# Pics of a Poodle in a Lion Trim?



## Olie

When I was looking for the lamb and others I downloaded a couple - NOT my pictures but ones on the web.


----------



## roxy25

Olie said:


> When I was looking for the lamb and others I downloaded a couple - NOT my pictures but ones on the web.
> View attachment 6324
> View attachment 6325


Here is a lion clip 










basically it would be like a poodle in CC without the rosettes


----------



## Olie

Oh gosh -long day at the office, I thought it said LAMB - Oh well, another cut for you.


----------



## roxy25

You can also get super realistic like this hahaha




















You can make the mane shorter of course they consider this CC still its optional to have rosettes


----------



## Harley_chik

LOL, Roxy I just love the pic of the mixed breed "Lion." He is so cute! 

On another note, I need to get my behind in gear and post Bailey in his Lion trim.


----------



## flyingduster

Just a note that the lion trim (aka the continental; aka the 'show dog' clip, with or without the hip rosettes and big hair) isn't nearly as easy to do as it looks!!!


----------



## KalaMama

flyingduster said:


> Just a note that the lion trim (aka the continental; aka the 'show dog' clip, with or without the hip rosettes and big hair) isn't nearly as easy to do as it looks!!!


Oh don't tell me that, I have already started. lol. It doesn't look easy to me anyway because I am no artist and it seems grooming is somewhat of an art. I am about half way through but I am so slow that I am going to have to finish tomorrow. Poor Kala has been standing for a long time. She is being such a good girl though. I will post pics of the finished product.


----------



## WonderPup

KalaMama said:


> Oh don't tell me that, I have already started. lol. It doesn't look easy to me anyway because I am no artist and it seems grooming is somewhat of an art. I am about half way through but I am so slow that I am going to have to finish tomorrow. Poor Kala has been standing for a long time. She is being such a good girl though. I will post pics of the finished product.

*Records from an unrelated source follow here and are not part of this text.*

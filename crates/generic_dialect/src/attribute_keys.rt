//! Keys of attributes as identifiers, so that no two keys meet.
//!
//! A key that is an identifier and doesn't begin with `__` stands for itself. Any other is `__` and two hexadecimal digits, of lower case, for each of its bytes.
ghost use Rattle.std.specs.Prelude.{◌≡◌, ◌∷◌, codes, false, is_ok, is_some, Ok, IfOk, IfSome, IsOkUnless, MatchOption, string_bytes};
ghost use Rattle.std.specs.Option.{option_map};
ghost use Rattle.std.specs.Str.{bytes_eq};
ghost use Rattle.hex.specs.Hex.{decode_of, encode_lower};
ghost use Rattle.generic_dialect.specs.Keys.{HasNoKey, decoded, is_marked, is_plain, key_name, own_key, the_key};

use hex::FromHexError;
use ir_base_dialects::{CoreError, Identifier};
use std::alloc::Global;

/// The identifier under which the properties of an operation stand among its attributes. No key has it.
pub fn properties_key() -> Identifier
    ensures { result ≡ codes "__properties" }
{
    Identifier::new("__properties")
}

// Whether the key begins with `__`.
fn is_marked(key: &[u8]) -> bool
    ensures { result ≡ is_marked key.now }
{
    matches!(key, [b'_', b'_', ..])
}

// The key as a text, where it stands for itself.
fn plain(key: &[u8]) -> Option<&str>
    ensures same { IfSome result (λ text. text.now ≡ key.now) }
    ensures plain { is_some result ≡ is_plain key.now }
{
    match str::from_utf8(key) {
        Ok(text) => {
            if Identifier::is_valid(text) && !is_marked(key) {
                Some(text)
            } else {
                None
            }
        }
        Err(_) => None,
    }
}

// `__` and the digits of the key.
fn marked(alloc: Global, key: &[u8]) -> Result<String, CoreError>
    ensures text { IfOk result (λ text. string_bytes text ≡ 95 ∷ 95 ∷ encode_lower key.now) }
    ensures refused { IsOkUnless result CoreError.OutOfMemory }
{
    let digits = hex::encode(alloc, key)?;
    let mut text = String::from_str(alloc, "__")?;
    text.push_str(digits.as_str())?;
    Ok(text)
}

/// The identifier of a key: no two keys have one identifier. `OutOfMemory` where there is no room for it.
pub fn key_identifier(alloc: Global, key: &[u8]) -> Result<Identifier, CoreError>
    ensures name { IfOk result (λ name. name ≡ key_name key.now) }
    ensures refused { IsOkUnless result CoreError.OutOfMemory }
{
    let text = match plain(key) {
        Some(text) => String::from_str(alloc, text)?,
        None => marked(alloc, key)?,
    };
    match Identifier::try_new(text) {
        Ok(name) => Ok(name),
        Err(_) => unreachable!(),
    }
}

// The bytes of which these are the digits, where they are digits.
fn decoded(alloc: Global, digits: &[u8]) -> Result<Option<Vec<u8>>, CoreError>
    ensures bytes { IfOk result (λ found. MatchOption found (is_ok (decode_of digits.now) ≡ false) (λ bytes. decode_of digits.now ≡ Ok bytes.items)) }
    ensures spelled { IfOk result (λ found. option_map (λ v. v.items) found ≡ decoded (decode_of digits.now)) }
    ensures refused { IsOkUnless result CoreError.OutOfMemory }
{
    match hex::decode(alloc, digits) {
        Ok(bytes) => Ok(Some(bytes)),
        Err(error) => match error {
            FromHexError::OutOfMemory => Err(CoreError::OutOfMemory),
            FromHexError::InvalidHexCharacter { .. } => Ok(None),
            FromHexError::OddLength => Ok(None),
            FromHexError::InvalidStringLength => Ok(None),
        },
    }
}

// Whether the identifier is that of the key.
fn is_name_of(alloc: Global, name: &Identifier, key: &[u8]) -> Result<bool, CoreError>
    ensures same { IfOk result (λ same. same ≡ bytes_eq (key_name key.now) name.now) }
    ensures refused { IsOkUnless result CoreError.OutOfMemory }
{
    let found = key_identifier(alloc, key)?;
    Ok(found == *name)
}

// The key of an identifier that begins with `__`, of which these are the further bytes.
fn marked_key(alloc: Global, name: &Identifier, digits: &[u8]) -> Result<Option<Vec<u8>>, CoreError>
    requires { name.now ≡ 95 ∷ 95 ∷ digits.now }
    ensures key { IfOk result (λ found. MatchOption found (HasNoKey name.now) (λ key. key_name key.items ≡ name.now)) }
    ensures told { IfOk result (λ found. option_map (λ v. v.items) found ≡ own_key name.now (decoded (decode_of digits.now))) }
    ensures refused { IsOkUnless result CoreError.OutOfMemory }
{
    let Some(key) = decoded(alloc, digits)? else {
        return Ok(None);
    };
    if is_name_of(alloc, name, key.as_slice())? {
        Ok(Some(key))
    } else {
        Ok(None)
    }
}

/// The key that has this identifier; `None` where no key has it. `OutOfMemory` where there is no room for it.
pub fn key_bytes(alloc: Global, name: &Identifier) -> Result<Option<Vec<u8>>, CoreError>
    ensures key { IfOk result (λ found. MatchOption found (HasNoKey name.now) (λ key. key_name key.items ≡ name.now)) }
    ensures told { IfOk result (λ found. option_map (λ v. v.items) found ≡ the_key name.now) }
    ensures refused { IsOkUnless result CoreError.OutOfMemory }
{
    match name.as_str().as_bytes() {
        [b'_', b'_', digits @ ..] => marked_key(alloc, name, digits),
        key => Ok(Some(Vec::from_slice(alloc, key)?)),
    }
}
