//! Kinds of operations: rows of the table, and names that are saved.
ghost use Rattle.std.specs.Prelude.{◌≡◌};
ghost use Rattle.std.specs.Option.{option_copied};
ghost use Rattle.generic_dialect.specs.Kinds.{kind_of, listed_kind, listed_name, number_of};

use crate::texts::TextId;
use generic_table::{name_at, row_of};

/// The first kind of an operation that isn't in the table. A kind below it is a row of the table.
pub const OPEN_KINDS: u32 = 65_536;

/// How many of the saved texts can be names of operations that aren't in the table: those at the places below.
pub const OPEN_NAMES: u32 = 2_147_450_880;

/// What a kind of operations stands for.
#[derive(Clone, Copy, Debug, Drop, PartialEq, Eq)]
pub enum Kind {
    /// The operation in this row of the table.
    Listed {
        /// The row, from 0.
        row: u16,
    },
    /// An operation that isn't in the table.
    Open {
        /// Its name.
        name: TextId,
        /// It was found last in its block, so it may be a terminator.
        ends: bool,
    },
}

impl Kind {
    /// What the kind with this number stands for.
    pub fn of(number: u32) -> Kind
        ensures { result ≡ kind_of number }
    {
        if number < OPEN_KINDS {
            return Kind::Listed { row: number as u16 };
        }
        let open = number - OPEN_KINDS;
        Kind::Open {
            name: TextId(open / 2),
            ends: open % 2 == 1,
        }
    }

    /// The number of the kind. `None` where the place of an open kind's name isn't below `OPEN_NAMES`.
    pub fn number(self) -> Option<u32>
        ensures { result ≡ number_of self }
    {
        match self {
            Kind::Listed { row } => Some(u32::from(row)),
            Kind::Open { name, ends } => {
                if name.0 < OPEN_NAMES {
                    let first = OPEN_KINDS + 2 * name.0;
                    Some(if ends { first + 1 } else { first })
                } else {
                    None
                }
            }
        }
    }
}

/// The kind of the operation with this name, where the table has it.
pub fn table_kind(name: &[u8]) -> Option<u32>
    ensures { result ≡ listed_kind name.now }
{
    let row = row_of(name)?;
    Some(u32::from(row))
}

/// The name of the operation of this kind, where the table has it.
pub fn kind_name(kind: u32) -> Option<&'static [u8]>
    ensures { option_copied result ≡ listed_name (kind_of kind) }
{
    match Kind::of(kind) {
        Kind::Listed { row } => name_at(row),
        Kind::Open { .. } => None,
    }
}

I can't wait to see the finished product. 

In reference to the pattern itself (not the scissoring) Without the rosettes to worry about getting right I personally find this clip pretty easy but it was the very first "real" poodle clip I ever did. I've never had trouble with it. So long as you get the line straight that is and place the bracelets. Sometimes getting started is the scariest part once you do though it's done and you're home free. 
The pattern isn't complex really at all. Then again it's fair to say we all have our strenghts and weaknesses I suppose so something you find really simple might through me for a loop. 

Looking at all the somewhat recent groom pictures makes me want to go my girls in something new, I'm getting the "the itch" I suppose lol. They both look so plain to me right now with their short hair.


----------



## ColoradoGram

*Let dog be dog*

These poor dogs. Respect the breed!


----------



## Red lippy mel

What do you mean ColoradoGram?


----------



## Viking Queen

This is a VERY OLD thread from 2010....you probably won't get responses fro the original posters.

Viking Queen


----------



## Verve

I had forgotten about the phenomenon of ancient threads that get mysteriously revived!


----------



## Mysticrealm

ColoradoGram said:


> These poor dogs. Respect the breed!


Haha. Wut?


----------



## Mysticrealm

Verve said:


> I had forgotten about the phenomenon of ancient threads that get mysteriously revived!


I think it's generally from people either using the search function or clicking on the 'similar threads' links down at the bottom which are often years old.


----------



## Verve

Mysticrealm said:


> Haha. Wut?


And how did this person make this their very first post, without an intro post?


----------



## chinchillafuzzy

Yes... I just joined a few weeks ago and had to make an intro post. I love that idea because it seems to help in cases like this with all the trolls out there.


----------